CCO Public Domain
Here’s a thing, see. (That’s how we broach a subject, often a difficult one, here in Wales. One always holds one’s breath for what follows!).
I’ve been on this Journey of Life for thirty plus years and I have just walked through one of the darkest periods of my life…a period that has covered a little over ten years or so.
I’m not going to bore you with all that but I read a blog this morning that described much of what I’ve experienced. She called it “Holy Disillusionment“. As she says:
“It has been a decade of growing up into holy disillusionment, where God allows life to dis – illusion us. I’m not talking about cynicism or bitterness or resentment. I’m talking about the peeling back of our illusions until our vision is clearer, the cost of following more evident and the choices we make to continue to give Him our yes way more intentional.”
So it’s been a steady downward walk into the depths of despair, disappointment and faith sapping failure. Oh and the odd moment of wonderful, awe-filled, life giving, life changing triumph.
But with every step the temptations been there to stop and wallow in those awful, twisted roots, which are the enemy of new life and progression, every time another failure looms.
That’s: Every time I fail to meet expectations. Every moment of dishonour. Every rejection. Every betrayal. Every attempted manipulation. Every time the biggest struggle of my life seems about to overwhelm me and bring disaster in its wake.
But as I finally (hopefully) find myself awakening again to new vision, new insight and new direction, I am free of all that has weighted me down, at least in this past season.
I had a hard talk with a loved one this morning. It was about failure, as it turned out. Y’know 20+ years of marriage and family life teach you a few things about that. But as we chatted, stormed, were humbled and struggled to make sense of our lives together, I became aware of a strength in my spirit that is way, way beyond that which I’ve known before.
The freedom to fail!
I can fail and Hear his song over me!
I can fail and know I am eternally loved!
I can fail and know that He is still so pleased with me!
I can fail and still be kind, good, loving, faithful, blessed, secure and all the many other things he says about me!
For someone who grew up in an abusive family situation, with the hashtag #its-all-your-fault written over her, who continues to suffer that label from wider family from time to time, this is major revelation and freedom.
I found myself being me. Warts ‘n all and it was ok…I’m ok!
Anyway, yay for me but here’s the bigger thing I thought this morning as we talked.
The spirit of this age infuses so much of todays Christian literature. I’m not saying whether it’s intended, misguided or simply because our filters are so out of kilter that we receive it that way.
But so often as we read, the subtext is:
- Todays Christian should (O Lord, I hate that word with a passion) be a wonderful, affirming, accepting, loving parent and see their children grow up to be wonderful, vibrant, generation-changing believers.
- Their marriage should be a witness to the world, warm, loving, welcoming, AND have the most amazing sex ever!!! (This definitely is a result of the world, coupled (excuse the pun) with the church rediscovering great sex is actually a thing AND God is really OK with it!)
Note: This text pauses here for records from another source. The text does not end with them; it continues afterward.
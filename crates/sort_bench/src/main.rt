//! Measures the sorting of an area: numbered records are put in order, an area at a time. It is a
//! program of `bench/run`.
#![tactic(auto)]

mod sorting;
mod words;

ghost use Rattle.std.specs.Prelude.{◌≤◌, ◌^◌};

use crate::sorting::sort_all;
use crate::words::count_asked;
use em_frames::Grant;
use em_record::Shape;
use std::process::ExitCode;

/// The records of a block.
const BLOCK: u64 = 1024;

/// The frames of the pool. An area has an eighth of them: 32,768 records.
const FRAMES: u64 = 256;

/// The exit code if the words aren't a number.
const USAGE: u8 = 1;

/// The exit code if the line couldn't be printed.
const OUTPUT: u8 = 4;

/// The exit code if there is no memory for the words or for the frames.
const NO_MEMORY: u8 = 7;

/// Sorts so many records in an area of a fresh pool. Answers their sum, or None if there is no memory.
fn run(rt: &HostRuntime, count: u64) -> Option<u64>
    requires { count ≤ 2 ^ 40 }
{
    let Ok(shape) = Shape::new(BLOCK, FRAMES) else {
        unreachable!()
    };
    let Ok(mut pool) = Grant::new(rt.alloc()).pool(shape) else {
        return None;
    };
    let mut area = pool.lend_area();
    let sum = sort_all(&mut area, count);
    pool.give_area(area);
    pool.end();
    Some(sum)
}

fn main(rt: HostRuntime) -> ExitCode {
    let Some(count) = count_asked(&rt) else {
        let _told = eprintln!(&rt; "sort_bench: the word is N, a number of 1 to 10 digits");
        return ExitCode::from(USAGE);
    };
    let Some(sum) = run(&rt, count) else {
        let _told = eprintln!(&rt; "sort_bench: no memory");
        return ExitCode::from(NO_MEMORY);
    };
    match println!(&rt; "{count} records, sum {sum}") {
        Ok(()) => ExitCode::SUCCESS,
        Err(_) => ExitCode::from(OUTPUT),
    }
}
- They should have an evangelistic, supernatural ministry and discover and fulfil their destiny in Christ cos, boy-oh-boy they sure have one!
- They should fall into line in church and honour (code for “never question”) their leadership. Be whole heartedly behind the vision of their local church regardless of whether it encourages, disciples and develops the personal faith of that believer as a result.
Well the truth is that Christian children do not always grow up and do what you have hoped and prayed for, no matter how hard you tried as a parent to love and nurture them, marriages fail to live up the billing in every area and a more realistic, balanced and measured relationship needs to be negotiated or the sad alternative optioned. Ministry can actually turn out to be a deeper walk with Jesus, lived out in silence, in the prayer closet, doing small things with great kindness (to use St Theresa of Calcutta’s words). And church! Well, church can turn out to be something else entirely!
And you know what?
Jesus said we would have troubles in this world (John 16:33)
He also said in the same breath that we should take heart, be of good cheer for He has overcome the world.
Big deal, you might say, whilst in the midst of those troubles…I have, often. But so long as I picked myself up and kept walking those troubles have, when surrendered and given to him, enabled me to overcome too.
Because everyone who is born of God overcomes the world.
It is our faith in the midst of trouble that overcomes, enabling us to drag our weary spirits, (kicking and screaming, in my case) onwards! Does anyone else want to shout ‘Amen’! to that one!!
And in the end there is only one thing that overcomes…? So, do you know it? It’s simple really…
Only the one who believes Jesus is the Son of God.
And I do.
And being simple is an honour for me.
Whew it was good to get that one off my chest!
Let me know if it resonates with you.